If not outright comments like my one friend made about the pictures, I'd often pick up on a sense of jealousy. Like they were "stuck" and I had my "freedom." And also the attitude of "well I did it, you should have done it too." Nevermind the way they were "doing it" (at least the people I knew - this is in no way a slam against all single mothers) was, in my mind, everything I DIDN'T want for my son. It just wasn't my choice, and while I didn't find their choices appropriate for me or my son, I would never have voiced that to them. This is the problem I have. Everyone seems to think they can offer up their opinion when it comes to adoption. And it's almost always negative, but when it's not, it's the hero thing.
I do have to be fair and say that the single mothers I know (mostly people I work or have worked with) are great mums, including this friend. I doubt that this lady was "jealous" of my bmother but she obviously felt that my bmother relinquished me "because she wasn't prepared to put in the effort that my friend did" and not realising the many factors that made adoption the "only available option" my birthmother probably felt she had at the time (of course, I can only assume how my bmother felt at the time based on circumstantial evidence and how other bmothers felt at the time - this disclaimer is for anyone who thinks I am being presumptuous stating something that isn't a known fact).

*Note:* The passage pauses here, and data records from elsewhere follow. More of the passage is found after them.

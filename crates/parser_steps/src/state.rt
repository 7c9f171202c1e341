//! A parser as it stands between steps.
ghost use Rattle.std.specs.Prelude.{◌≡◌, ◌<◌, ◌≤◌, ◌+◌, ◌/◌, ℕ, List, [], None, Some, IfOk, IfErr, All, MatchResult, length, map, slice_index_or};
ghost use Rattle.ds_base.specs.Outside.{IsFresh};
ghost use Rattle.credit_link.specs.Ends.{TxSeen};
ghost use Rattle.summary_spec.specs.Job.{declared_of};
ghost use Rattle.net_law.specs.Parsers.{ParserGoes, ParserMeets};
ghost use Rattle.net_law.specs.Starts.{AreOwn, AreNewOuts, new_parser, new_outs};
ghost use Rattle.parser_captures.specs.Puts.{IsEmpty};

use crate::fresh::new_captures;
use crate::over::step_over;
use crate::step::Stepped;
use credit_link::{NamedRx, NamedTx, NodeFault};
use ds_base::{Source, SourceList};
use parser_captures::OneCapture;
use shuffle_poll::Shuffle;
use std::alloc::Global;
use std::marker::Model;
use summary_spec::Job;

/// A parser without its turns and its links: its captures in the rising order of their numbers, each with its source.
/// The parser's own captures are those whose number, divided by the number of parsers, leaves its own number.
#[derive(Drop)]
pub struct ParserSteps<'a, S: Source> {
    job: &'a Job,
    /// The parser's number, from 0.
    me: u32,
    /// How many parsers there are, at most 16.
    parsers: u32,
    /// To how many groupers links lead, at most 16. The link behind these leads to the merge.
    groupers: u32,
    captures: Vec<OneCapture>,
    /// The source of each capture.
    sources: SourceList<S>,
    /// Whether the end was put on each link.
    finished: bool,
}

impl<'a, S: Source> Model for ParserSteps<'a, S> {
    ghost use Rattle.parser_steps.specs.Seen.{StepsSeen};

    ghost Value = { StepsSeen };

    ghost use Rattle.std.specs.Coded.{codes};
    ghost use Rattle.net_law.specs.Codes.{expression_code};

    ghost coded = { Prim.hlevel (codes, expression_code) };

    ghost use Rattle.std.specs.Prelude.{map};
    ghost use Rattle.summary_spec.specs.Job.{declared_of};
    ghost use Rattle.parser_steps.specs.Seen.{StepsStand, steps_of};

    ghost view = { λ p. steps_of (declared_of p.job.now) p.me p.parsers p.groupers p.captures.items (map S.seen p.sources.items) p.finished };

    ghost invariant = { λ p. StepsStand (declared_of p.job.now) p.me p.parsers p.groupers p.captures.items (map S.seen p.sources.items) };
}

impl<'a, S: Source> ParserSteps<'a, S> {
    ghost use Rattle.parser_steps.specs.Seen.{seen_of, new_steps};
    ghost use Rattle.parser_steps.specs.Holds.{ParserHolds};
    ghost use Rattle.parser_steps.specs.Steps.{StepsBy};

    /// The parser of this number among so many, which has read nothing: `sources` has the source of each capture of its
    /// own, in rising order. It is refused for want of memory alone, and takes all memory that its steps need but
    /// that for the bytes of captures.
    pub fn new(
        alloc: Global,
        job: &'a Job,
        me: u32,
        parsers: u32,
        groupers: u32,
        sources: SourceList<S>,
    ) -> Result<Self, SourceList<S>>
        requires place { (me < parsers) × (parsers ≤ 16) }
        requires groupers { (1 ≤ groupers) × (groupers ≤ 16) }
        requires own { AreOwn (new_parser (declared_of job.now) me parsers 0 (map S.seen sources.items) []) }
        requires fresh { All IsFresh (map S.seen sources.items) }
        ensures unread { IfOk result (λ steps. steps ≡ new_steps (declared_of job.now) me parsers groupers (map S.seen sources.items)) }
        ensures holds { IfOk result (λ steps. (credits : ℕ) (links : List TxSeen) → length links ≡ groupers + 1 → AreNewOuts credits links → ParserHolds steps (new_outs links) None) }
        ensures refused { IfErr result (λ back. back ≡ sources) }
    {
        match new_captures(alloc, job, me, parsers, sources.len()) {
            Ok(captures) => Ok(ParserSteps {
                job,
                me,
                parsers,
                groupers,
                captures,
                sources,
                finished: false,
            }),
            Err(_) => Err(sources),
        }
    }

    /// One step, while no frame waits on a link. Of the captures that go on that with the least newest time is taken, where
    /// none is before every time, and the lowest of equal ones. Its next record is taken up: the summary of an
    /// accepted one is put for the grouper of its shard, and after 32 records a mark for each grouper. Where no whole record
    /// is in memory one piece is read, and at the source's end the capture's end is put for each grouper and its row for the
    /// merge. Once all captures have ended the end is put on each link. At most two frames are put on a link.
    ///
    /// `Malformed` where the capture is malformed, `Read` where a read failed, and `OutOfMemory` where there was no
    /// memory for a piece, which is lost; then no frame is put.
    pub fn step<T: NamedTx, R: NamedRx>(
        &mut self,
        out: &mut Shuffle<T, R>,
    ) -> Result<Stepped, NodeFault>
        requires holds { ParserHolds self.old out.old None }
        requires none { IsEmpty out.old }
        ensures holds { MatchResult result (λ _. ParserHolds self.new out.new None) (λ bad. ParserHolds self.new out.new (Some bad)) }
        ensures goes { MatchResult result
            (λ _. ParserGoes (seen_of self.old out.old None) (seen_of self.new out.new None))
            (λ bad. ParserGoes (seen_of self.old out.old None) (seen_of self.new out.new (Some bad))) }
        ensures links { out.new.links ≡ out.old.links }
        ensures steps { IfOk result (StepsBy self.old self.new out.old out.new) }
        ensures unput { IfErr result (λ _. out.new ≡ out.old) }
        ensures causes { IfErr result (λ bad. ParserMeets (seen_of self.old out.old None) (seen_of self.new out.new (Some bad)) bad) }
    {
        step_over(
            self.job,
            self.me,
            self.parsers,
            self.groupers,
            &mut self.captures,
            &mut self.sources,
            &mut self.finished,
            out,
        )
    }

    /// Whether all captures have ended and the end was put on each link.
    pub fn finished(&self) -> bool
        ensures { result ≡ self.now.finished }
    {
        self.finished
    }

    /// The sources of its captures, as they were left.
    pub fn close(self) -> SourceList<S>
        ensures sources { map S.seen result.items ≡ self.entry.sources }
    {
        let ParserSteps {
            job: _,
            me: _,
            parsers: _,
            groupers: _,
            captures: _,
            sources,
            finished: _,
        } = self;
        sources
    }

    /// How many records of a capture of its own were taken up since its last mark.
    pub fn behind(&self, capture: u32) -> u32
        requires there { capture / self.now.parsers < length self.now.behind }
        ensures { result ≡ slice_index_or self.now.behind (capture / self.now.parsers) 0 }
    {
        self.captures[(capture / self.parsers) as usize].behind
    }

    /// How many bytes of a capture of its own are in memory beside the piece that is read.
    pub fn held(&self, capture: u32) -> u64
        requires there { capture / self.now.parsers < length self.now.held }
        ensures { result ≡ slice_index_or self.now.held (capture / self.now.parsers) 0 }
    {
        self.captures[(capture / self.parsers) as usize]
            .reading
            .held()
    }
}
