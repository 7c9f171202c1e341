//! What a step answers.

/// What a step of a parser did.
#[derive(Clone, Copy, Debug, PartialEq, Eq)]
pub enum Stepped {
    /// A record was taken up, and the frames that it is due were put.
    Took,
    /// A piece of a source was read.
    Read,
    /// A capture has ended, and its end was put for the groupers and its row for the merge.
    CaptureEnded,
    /// All captures have ended, and the end was put on each link.
    Ended,
}
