//! A parser without its turns, which is lent its links: its captures with their sources, and the step that
//! takes one record up, reads one piece of a source, ends a capture or puts the end of the links, and puts the
//! frames that are due.
#![tactic(auto)]

mod fresh;
mod one;
mod over;
mod state;
mod step;

pub use state::ParserSteps;
pub use step::Stepped;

Actually the ones I find most judgemental are my friends who married semi young (early to mid 20's) who started their families in their late 20's. I think part of it is that they've been moms now for 10-ish years and they just can't fathom how their lives would be had they placed their child, and part of it is that they see themselves as settling down and having kids young, so why didn't I choose to settle down and raise my DD, with or without her birthfather. I also think they didn't really "live" (ie: travel, date around etc) so they have a narrowminded view of the world in general.